I thought I was going to die on my way home from Cabo.
I envisioned my demise going viral across all channels, with my fellow passengers on American Airlines documenting the despair.
How did I get to this point by going on a family vacation with my aunt and parents?
Very simple- I have the Cabo Curse.
Now that I am an adult, my parents think they’re Will & Kate (really they’re Charles and Camilla) and spare no expense when it comes to their travel requirements.
I am similar to Duchess Fergie.
She’s invited to an occasional royal function, only if there is space at the event.
Lisa Rinna and her Instagram daughters were on the plane, but it was too early and I was too decaffeinated to care.
Why does the Starbs @ Tom Bradley not have mobile order service?
The royals and Lisa Rinna sat up in first class, while my aunt and I sat in coach for the two hour plane ride.
The flight attendant looked baffled when I asked for a mimosa. Coach does not have champagne? Por que!!!!!
Decaffeinated and dehydrated, I picked up an $18 Corona at the airport
I know. Frivolous for a peasant like me, but I was desperate.

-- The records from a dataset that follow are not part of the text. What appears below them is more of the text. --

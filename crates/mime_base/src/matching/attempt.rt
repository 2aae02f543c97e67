//! How elements go along a name from its front, one byte each.

ghost use Rattle.std.specs.Prelude.{◌≡◌, [], ◌+◌, ◌<◌, ◌≤◌, length, IsTrue};
ghost use Rattle.mime_base.specs.Matching.Attempt.{answer, goes_on_otherwise, Goes, IsShorter, IsStep, last_tests, LeavesNoEnd, LeavesPart};
ghost use Rattle.mime_base.specs.Matching.Elements.{elements, HasNoEnd};
ghost use Rattle.mime_base.specs.Matching.Folding.{compared};

use crate::matching::elements::{after_admitting, begins_otherwise, is_special};
use crate::matching::folding::as_compared;

/// Why elements halt on their way along a name.
#[derive(Clone, Copy)]
pub enum Halt {
    /// Pattern and name end together.
    BothEnd,
    /// The pattern ends before the name.
    PatternEnds,
    /// The name ends before an element that takes a byte.
    NameEnds,
    /// A `*` is next.
    Star,
    /// An element does not admit the next byte.
    Refused,
}

impl Halt {
    /// Whether the name matches, if that is decided.
    pub fn answer(self) -> Option<bool>
        // Only a star leaves it open; else the name matches exactly where it ends with the pattern.
        ensures { result ≡ answer self }
    {
        match self {
            Halt::BothEnd => Some(true),
            Halt::PatternEnds | Halt::NameEnds | Halt::Refused => Some(false),
            Halt::Star => None,
        }
    }

    /// How many tests are made where elements halt.
    fn last_tests(self) -> u64
        ensures { result ≡ last_tests self }
    {
        match self {
            Halt::NameEnds | Halt::Refused => 1,
            Halt::BothEnd | Halt::PatternEnds | Halt::Star => 0,
        }
    }
}

/// How far elements went, and why they went no further.
#[derive(Clone, Copy)]
pub struct Reach<'a> {
    /// Why they went no further.
    pub halt: Halt,
    /// How many bytes of the name they took.
    pub passed: usize,
    /// What stands in the pattern after the star where they halted.
    pub after: &'a [u8],
    /// How many tests were made, of one element against a byte or the end of the name.
    pub tests: u64,
}

/// Lets elements take a byte each from the front of the name.
///
/// None of the last `endless` bytes of the pattern is a `]`.
pub fn attempt<'a>(pattern: &'a [u8], endless: usize, cased: bool, name: &[u8]) -> Reach<'a>
    // None of the last `endless` bytes is a `]`.
    requires { HasNoEnd endless pattern.now }
    // The elements that took a byte, and why the next one didn't.
    ensures goes { Goes result.halt result.passed (elements (compared cased pattern.now))
        (compared cased name.now) (elements (compared cased result.after.now)) }
    // What they leave is a part of the pattern and of the name.
    ensures part { LeavesPart endless pattern.now name.now result }
    // There is a test for each, and one more where an element refused a byte or found the name's end.
    ensures tests { result.tests ≡ result.passed + last_tests result.halt }
    // There are no more tests than the pattern has bytes.
    ensures most { result.tests ≤ length pattern.now }
    // At a star the tests are fewer than the bytes of the pattern that are done with.
    ensures star { result.halt ≡ Halt.Star → result.tests + length result.after.now < length pattern.now }
{
    let mut pattern = pattern;
    let mut name = name;
    let mut passed = 0;
    loop {
        match try_first(pattern, endless, cased, name) {
            Step::Passes(left, rest) => {
                pattern = left;
                name = rest;
                passed += 1;
            }
            Step::Halts(halt, after) => {
                return Reach {
                    halt,
                    passed,
                    after,
                    tests: passed as u64 + halt.last_tests(),
                };
            }
        }
    }
}

/// Whether a pattern's first byte stands for itself and takes a name's, and its second stands for itself and is refused: then
/// an attempt ends with the second test.
// Inlined: the body of a loop.
#[inline]
pub fn refused_second(pattern: &[u8], cased: bool, name: &[u8]) -> bool
    // Then the first element takes a byte, and the next one refuses.
    ensures goes { IsTrue result → Goes Halt.Refused 1 (elements (compared cased pattern.now)) (compared cased name.now) [] }
    // Then the pattern has two bytes.
    ensures some { IsTrue result → 2 ≤ length pattern.now }
    // Exactly then it is refused at its second byte.
    ensures exact { result ≡ goes_on_otherwise cased pattern.now name.now }
{
    let Some((first, after)) = pattern.split_first() else {
        return false;
    };
    let Some((byte, rest)) = name.split_first() else {
        return false;
    };
    if is_special(*first) || as_compared(cased, *first) != as_compared(cased, *byte) {
        return false;
    }
    begins_otherwise(after, cased, rest)
}

/// What comes of the element at the front of a pattern and the byte at the front of a name.
#[derive(Clone, Copy)]
enum Step<'a, 'b> {
    /// The element takes the byte: what is left of the pattern and of the name.
    Passes(&'a [u8], &'b [u8]),
    /// It halts; at a star, what stands after it.
    Halts(Halt, &'a [u8]),
}

fn try_first<'a, 'b>(pattern: &'a [u8], endless: usize, cased: bool, name: &'b [u8]) -> Step<'a, 'b>
    requires { HasNoEnd endless pattern.now }
    ensures step { IsStep cased pattern.now name.now result }
    ensures shorter { IsShorter pattern.now name.now result }
    ensures endless { LeavesNoEnd endless result }
{
    let Some((first, after)) = pattern.split_first() else {
        let halt = if name.is_empty() {
            Halt::BothEnd
        } else {
            Halt::PatternEnds
        };
        return Step::Halts(halt, pattern);
    };
    if *first == b'*' {
        return Step::Halts(Halt::Star, after);
    }
    let Some((byte, rest)) = name.split_first() else {
        return Step::Halts(Halt::NameEnds, after);
    };
    match after_admitting(
        as_compared(cased, *first),
        after,
        endless,
        cased,
        as_compared(cased, *byte),
    ) {
        Some(left) => Step::Passes(left, rest),
        None => Step::Halts(Halt::Refused, after),
    }
}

Charles and Camilla had Bloody Mary’s and oatmeal in their “section” of the plane and were driving below the Mexican speed limit in our rental car.
We arrived at The Grand Solmar.
It remains one of my favorite places, even though I cannot frolick in the violent ocean.
The royals and I have been going to the Pacific side of Cabo since I was 9 weeks old.
While the buildings, the people, and my family have grown/changed, the beach has not. With growth, there’s adjustment, and while the past fews years have been just that, we’ve all had to #beardown, take a deep breath, and acclimate to a new way of life. My Dad’s walking is no bueno, so Carms ordered him a scooter to get around the hotel.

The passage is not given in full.